Hi All,
I am new to R and I struggle with the following:
I generated a list with a MusTr <- read.fasta(file = "Mus_musculus.GRCm38.cdna.all.fa", as.string = TRUE)
function, which looks like this
$ENSMUST00000177564.1
[1] "atcggagggatacgag"
attr(,"name")
[1] "ENSMUST00000177564.1"
attr(,"Annot")
[1] ">ENSMUST00000177564.1 cdna chromosome:GRCm38:14:54122226:54122241:1 gene:ENSMUSG00000096176.1 gene_biotype:TR_D_gene transcript_biotype:TR_D_gene gene_symbol:Trdd2 description:T cell receptor delta diversity 2 [Source:MGI Symbol;Acc:MGI:4439546]"
attr(,"class")
[1] "SeqFastadna"
$ENSMUST00000196221.1
[1] "atggcatat"
attr(,"name")
[1] "ENSMUST00000196221.1"
attr(,"Annot")
[1] ">ENSMUST00000196221.1 cdna chromosome:GRCm38:14:54113468:54113476:1 gene:ENSMUSG00000096749.2 gene_biotype:TR_D_gene transcript_biotype:TR_D_gene gene_symbol:Trdd1 description:T cell receptor delta diversity 1 [Source:MGI Symbol;Acc:MGI:4439547]"
attr(,"class")
[1] "SeqFastadna"
$ENSMUST00000179664.1
[1] "atggcatatca"
attr(,"name")
[1] "ENSMUST00000179664.1"
attr(,"Annot")
[1] ">ENSMUST00000179664.1 cdna chromosome:GRCm38:14:54113468:54113478:1 gene:ENSMUSG00000096749.2 gene_biotype:TR_D_gene transcript_biotype:processed_transcript gene_symbol:Trdd1 description:T cell receptor delta diversity 1 [Source:MGI Symbol;Acc:MGI:4439547]"
attr(,"class")
[1] "SeqFastadna"
$ENSMUST00000178537.1
[1] "gggacagggggc"
attr(,"name")
[1] "ENSMUST00000178537.1"
attr(,"Annot")
[1] ">ENSMUST00000178537.1 cdna chromosome:GRCm38:6:41533201:41533212:1 gene:ENSMUSG00000095668.1 gene_biotype:TR_D_gene transcript_biotype:TR_D_gene gene_symbol:Trbd1 description:T cell receptor beta, D region 1 [Source:MGI Symbol;Acc:MGI:4439571]"
attr(,"class")
[1] "SeqFastadna"
I would like to retrieve the attributes of each element (e.g. as a vector). For a single element of the list attr
works (here to retrieve "Annot" attribute):
attr(MusTr$ENSMUST00000196221.1, "Annot", exact = FALSE)

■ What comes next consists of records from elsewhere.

// Searches of the solver: led by a guide, and under assumptions.
ghost use Rattle.std.specs.Prelude.{◌≡◌, ◌+◌, ◌<◌, ◌≤◌, true, false};
ghost use Rattle.std.specs.Prelude.{IfOk, IfSome, OnOk, length};
ghost use Rattle.cuts_log.specs.Logs.{lines_seen};
ghost use Rattle.cdcl_order.specs.Budgets.{BudgetState, WaivesAs};
ghost use Rattle.cdcl_search.specs.Cores.{IsShown};
ghost use Rattle.cdcl.specs.Guiding.{IsStopped};
ghost use Rattle.cdcl.specs.Turns.{IsSatisfied};
ghost use Rattle.cdcl.specs.declared.guided.GuidedEnd.TheVariants.{Refuted};

use super::{Assumed, CutsSolver, SolverEnd};
use cdcl::answers::bits;
use cdcl::assumptions::Assumptions;
use cdcl::budget::Budget;
use cdcl::core_finding::find_core;
use cdcl::guide::Guide;
use cdcl::guided::{Course, GuidedEnd};
use cdcl::watch::SearchWatch;
use cnf::marks::Marks;
use cnf::types::Lit;
use cuts_log::law::texts_are_right;
use std::alloc::AllocError;
use std::io::Write;

/// Whether the empty clause was added.
fn is_refutation(end: GuidedEnd) -> bool
    ensures yes { result ≡ true → end ≡ Refuted }
    ensures no { result ≡ false → end ≡ Refuted → ⊥ }
{
    match end {
        GuidedEnd::Refuted => true,
        GuidedEnd::Satisfied | GuidedEnd::Stopped | GuidedEnd::Spent => false,
    }
}

impl<W: Write + Drop> CutsSolver<W> {
    ghost use Rattle.cnf.specs.Literal.{Assignment};
    ghost use Rattle.cnf.specs.Bits.{Extends};
    ghost use Rattle.cnf.specs.Problem.{IsFeasible};
    ghost use Rattle.cuts_solver.specs.Solving.{HasEnded, PaysLines, SameSolver, instance_of};

    /// Searches while it works, as `search` does.
    fn search_on<G: Guide, V: SearchWatch>(
        &mut self,
        guide: &mut G,
        budget: &mut Budget,
        watch: &mut V,
    ) -> Result<GuidedEnd, AllocError>
        requires works { self.old.failed ≡ false }
        requires going { self.old.refuted ≡ false }
        ensures end { IfOk result (HasEnded self.new budget.new) }
        ensures works { OnOk result (self.new.failed ≡ false) }
        ensures pays { PaysLines self.old self.new budget.old budget.new }
        ensures same { SameSolver self.old self.new }
        ensures same_input { self.new.input ≡ self.old.input }
        ensures waives { WaivesAs budget.old budget.new (V.waived watch.old) (V.waived watch.new) }
        ensures same_seen { V.seen watch.new ≡ V.seen watch.old }
        ensures follows { (first : G) → G.follows first guide.old → G.follows first guide.new }
    {
        self.failed = true;
        let mut marks = Marks::empty(self.search.store.allocator());
        let mut course = Course {
            search: &mut self.search,
            input: &self.input,
            sink: &mut self.log,
            budget,
            marks: &mut marks,
        };
        let end = course.run(guide, watch)?;
        if self.log.has_failed() {
            return Err(AllocError);
        }
        if is_refutation(end) {
            texts_are_right();
            self.log.limits();
            self.refuted = true;
            self.failed = false;
            return Ok(GuidedEnd::Refuted);
        }
        self.failed = false;
        Ok(end)
    }

    /// The bits of the solution to which the search has come.
    fn solution(&mut self) -> Result<Vec<bool>, AllocError>
        requires works { self.old.failed ≡ false }
        requires satisfied { (b : BudgetState)
            × IsSatisfied self.old.search self.old.input (lines_seen self.old.log) b }
        ensures long { IfOk result
            (λ bits. (instance_of self.old).variables ≤ length bits.items) }
        ensures feasible { IfOk result (λ bits. (t : Assignment) → Extends bits.items t
            → IsFeasible (instance_of self.old) t) }
        ensures kept { self.new ≡ record self.old { failed = self.new.failed } }
    {
        self.failed = true;
        let bits = bits(&self.search, &self.input)?;
        self.failed = false;
        Ok(bits)
    }

    /// The core where the search has stopped at an assumption that is false.
    fn core(
        &mut self,
        guide: &Assumptions,
        budget: &mut Budget,
    ) -> Result<Option<Vec<Lit>>, AllocError>
        requires works { self.old.failed ≡ false }
        requires going { self.old.refuted ≡ false }
        requires stopped { IsStopped self.old.search self.old.input (lines_seen self.old.log)
            budget.old }
        ensures shown { IfOk result (λ found. IfSome found
            (λ core. IsShown (self.new.search.store).slots guide.now core.items)) }
        ensures pays { PaysLines self.old self.new budget.old budget.new }
        ensures kept { budget.new.waived ≡ budget.old.waived }
        ensures same { SameSolver self.old self.new }
        ensures same_input { self.new.input ≡ self.old.input }
    {
        self.failed = true;
        let found = find_core(&mut self.search, &self.input, &mut self.log, budget, guide)?;
        if self.log.has_failed() {
            return Err(AllocError);
        }
        self.failed = false;
        Ok(found)
    }
}

impl<W: Write + Drop> CutsSolver<W> {
    ghost use Rattle.cuts_solver.specs.Solving.{IsAssumed, IsSolverEnd, PaysLines, SameSolver};

    /// Searches, led by the guide, until it has an answer, the guide stops it, or the budget is
    /// spent. Where the empty clause was added, it answers that at once.
    ///
    /// # Errors
    ///
    /// `AllocError` where the solver has failed, or fails now: memory was refused, or a write has
    /// failed.
    pub fn search<G: Guide, V: SearchWatch>(
        &mut self,
        guide: &mut G,
        budget: &mut Budget,
        watch: &mut V,
    ) -> Result<SolverEnd, AllocError>
        ensures end { IfOk result (IsSolverEnd self.new budget.new) }
        ensures pays { PaysLines self.old self.new budget.old budget.new }
        ensures same { SameSolver self.old self.new }
        ensures waives { WaivesAs budget.old budget.new (V.waived watch.old) (V.waived watch.new) }
        ensures same_seen { V.seen watch.new ≡ V.seen watch.old }
        ensures follows { (first : G) → G.follows first guide.old → G.follows first guide.new }
    {
        if !self.is_open()? {
            return Ok(SolverEnd::Refuted);
        }
        let end = self.search_on(guide, budget, watch)?;
        match end {
            GuidedEnd::Satisfied => {
                let bits = self.solution()?;
                Ok(SolverEnd::Satisfied(bits))
            }
            GuidedEnd::Refuted => Ok(SolverEnd::Refuted),
            GuidedEnd::Stopped => Ok(SolverEnd::Stopped),
            GuidedEnd::Spent => Ok(SolverEnd::Spent),
        }
    }

    /// Searches under assumptions, as `search` does. Where it stops at an assumption that is false,
    /// it answers which of them cannot hold together; the clause that says so costs a unit, unless
    /// it is there.
    ///
    /// # Errors
    ///
    /// Those of `search`.
    pub fn assume<V: SearchWatch>(
        &mut self,
        guide: &mut Assumptions,
        budget: &mut Budget,
        watch: &mut V,
    ) -> Result<Assumed, AllocError>
        ensures assumed { IfOk result (IsAssumed self.new guide.old budget.new) }
        ensures pays { PaysLines self.old self.new budget.old budget.new }
        ensures same { SameSolver self.old self.new }
        ensures waives { WaivesAs budget.old budget.new (V.waived watch.old) (V.waived watch.new) }
        ensures same_seen { V.seen watch.new ≡ V.seen watch.old }
        ensures same_lits { guide.new ≡ guide.old }
    {
        if !self.is_open()? {
            return Ok(Assumed::Refuted);
        }
        let end = self.search_on(guide, budget, watch)?;
        match end {
            GuidedEnd::Satisfied => {
                let bits = self.solution()?;
                Ok(Assumed::Satisfied(bits))
            }
            GuidedEnd::Refuted => Ok(Assumed::Refuted),
            GuidedEnd::Stopped => {
                let found = self.core(guide, budget)?;
                match found {
                    Some(core) => Ok(Assumed::Core(core)),
                    None => Ok(Assumed::Stopped),
                }
            }
            GuidedEnd::Spent => Ok(Assumed::Spent),
        }
    }
}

[1] ">ENSMUST00000196221.1 cdna chromosome:GRCm38:14:54113468:54113476:1 gene:ENSMUSG00000096749.2 gene_biotype:TR_D_gene transcript_biotype:TR_D_gene gene_symbol:Trdd1 description:T cell receptor delta diversity 1 [Source:MGI Symbol;Acc:MGI:4439547]"
How do I achieve the same for multiple/all elements of the list? Thanks in advance for any suggestions.
The Ensembl perl API is the tool to use for this kind of job. Any particular reason you need to use R for this ? If you have to, check the biomaRt package or the mygene package. They would give you access to some annotations but are not as flexible or comprehensive as the Ensembl API.
I would (potentially) find R helpful in manipulating FASTA files, through converting them to data frames, and then easy exporting with
write.fasta
. Otherwise, no particular reason. Thanks for your suggestion.